Your instructions
Show every line of the data that contains the string "match".

━━━ Record set

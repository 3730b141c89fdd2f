ghost use Rattle.std.specs.Prelude.{◌≡◌, ℕ, ◌<◌, ◌≤◌, ◌^◌, Some, OnOk, OnErr, IfSome, IfNone, IsTrue, true, false};
ghost use Rattle.std.specs.FinMap as map;
ghost use Rattle.std.specs.FinSet as set;
ghost use Rattle.std.specs.Option.{option_copied};
ghost use Rattle.page_pool.specs.Inside.{dirty_of};

use crate::page::Page;
use crate::table::Table;
use sand_base::NoMemory;
use std::alloc::Global;
use std::collections::BTreeSet;
use std::marker::Model;

/// The pages that are not written yet and the numbers that were freed (`None`), in a table, with their numbers in
/// ascending order.
#[derive(Drop)]
pub(crate) struct Staged {
    table: Table<Option<Page>>,
    numbers: BTreeSet<u64>,
}

impl Model for Staged {
    ghost use Rattle.page_pool.specs.Inside.{StagedState, staged_code, staged_of, HasNumbersOf};

    ghost Value = { StagedState };

    ghost coded = { staged_code };

    ghost view = { λ a. staged_of a.table };

    ghost invariant = { λ a. HasNumbersOf a.table a.numbers };
}

impl Staged {
    pub(crate) fn new(alloc: Global) -> Staged
        ensures { result ≡ record { changes = map.empty; count = 0 } }
    {
        Staged {
            table: Table::new(alloc),
            numbers: BTreeSet::new(alloc),
        }
    }

    #[inline]
    pub(crate) fn get(&self, n: u64) -> Option<&Option<Page>>
        ensures { option_copied result ≡ map.get self.now.changes n }
    {
        self.table.get(n)
    }

    // Stages the change in place of an earlier one.
    pub(crate) fn insert(&mut self, n: u64, change: Option<Page>) -> Result<(), NoMemory>
        ensures staged { OnOk result (self.new.changes ≡ map.insert self.old.changes n change) }
        ensures unchanged { OnErr result (self.new ≡ self.old) }
    {
        self.table.insert(n, change)?;
        match self.numbers.insert(n) {
            Ok(_) => Ok(()),
            Err(_) => {
                self.table.take(n);
                Err(NoMemory {})
            }
        }
    }

    // Writes these bytes over the page that is staged under the number. False where none is.
    fn overwrite(&mut self, n: u64, bytes: &[u8; 4096]) -> bool
        ensures written { result ≡ true → self.new.changes ≡ map.insert self.old.changes n (Some bytes.now) }
        ensures unchanged { result ≡ false → self.new ≡ self.old }
    {
        self.table.overwrite(n, bytes)
    }

    // Stages these bytes as the page of the number: over those of an earlier one, where one is staged.
    pub(crate) fn put(&mut self, alloc: Global, n: u64, bytes: &[u8; 4096]) -> Result<(), NoMemory>
        ensures staged { OnOk result (self.new.changes ≡ map.insert self.old.changes n (Some bytes.now)) }
        ensures unchanged { OnErr result (self.new ≡ self.old) }
    {
        if self.overwrite(n, bytes) {
            return Ok(());
        }
        let page = Page::new(alloc, bytes)?;
        self.insert(n, Some(page))?;
        Ok(())
    }

    // The least number with a change.
    pub(crate) fn first(&self) -> Option<u64>
        ensures found { IfSome result (λ n. IsTrue (map.contains_key self.now.changes n)) }
        ensures least { IfSome result (λ n. (q : ℕ) → IsTrue (map.contains_key self.now.changes q) → n ≤ q) }
        ensures none { IfNone result (self.now ≡ record { changes = map.empty; count = 0 }) }
    {
        match self.numbers.first() {
            Some(n) => Some(*n),
            None => None,
        }
    }

    // Takes the change of this number out.
    pub(crate) fn take(&mut self, n: u64) -> Option<Option<Page>>
        ensures taken { result ≡ map.get self.old.changes n }
        ensures left { self.new.changes ≡ map.remove self.old.changes n }
    {
        self.numbers.remove(&n);
        self.table.take(n)
    }

    pub(crate) fn clear(&mut self)
        ensures { self.new ≡ record { changes = map.empty; count = 0 } }
    {
        'staged: while let Some(n) = self.first() {
            self.take(n);
        }
    }

    // How many pages are staged.
    pub(crate) fn count(&self) -> usize
        ensures count { result ≡ self.now.count }
        ensures few { self.now.count ≤ set.len (dirty_of self.now.changes) }
        ensures small { result < 2 ^ 63 }
    {
        self.table.count()
    }
}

━━━━━━

Your solution
        match self.numbers.insert(n) {
        match self.numbers.first() {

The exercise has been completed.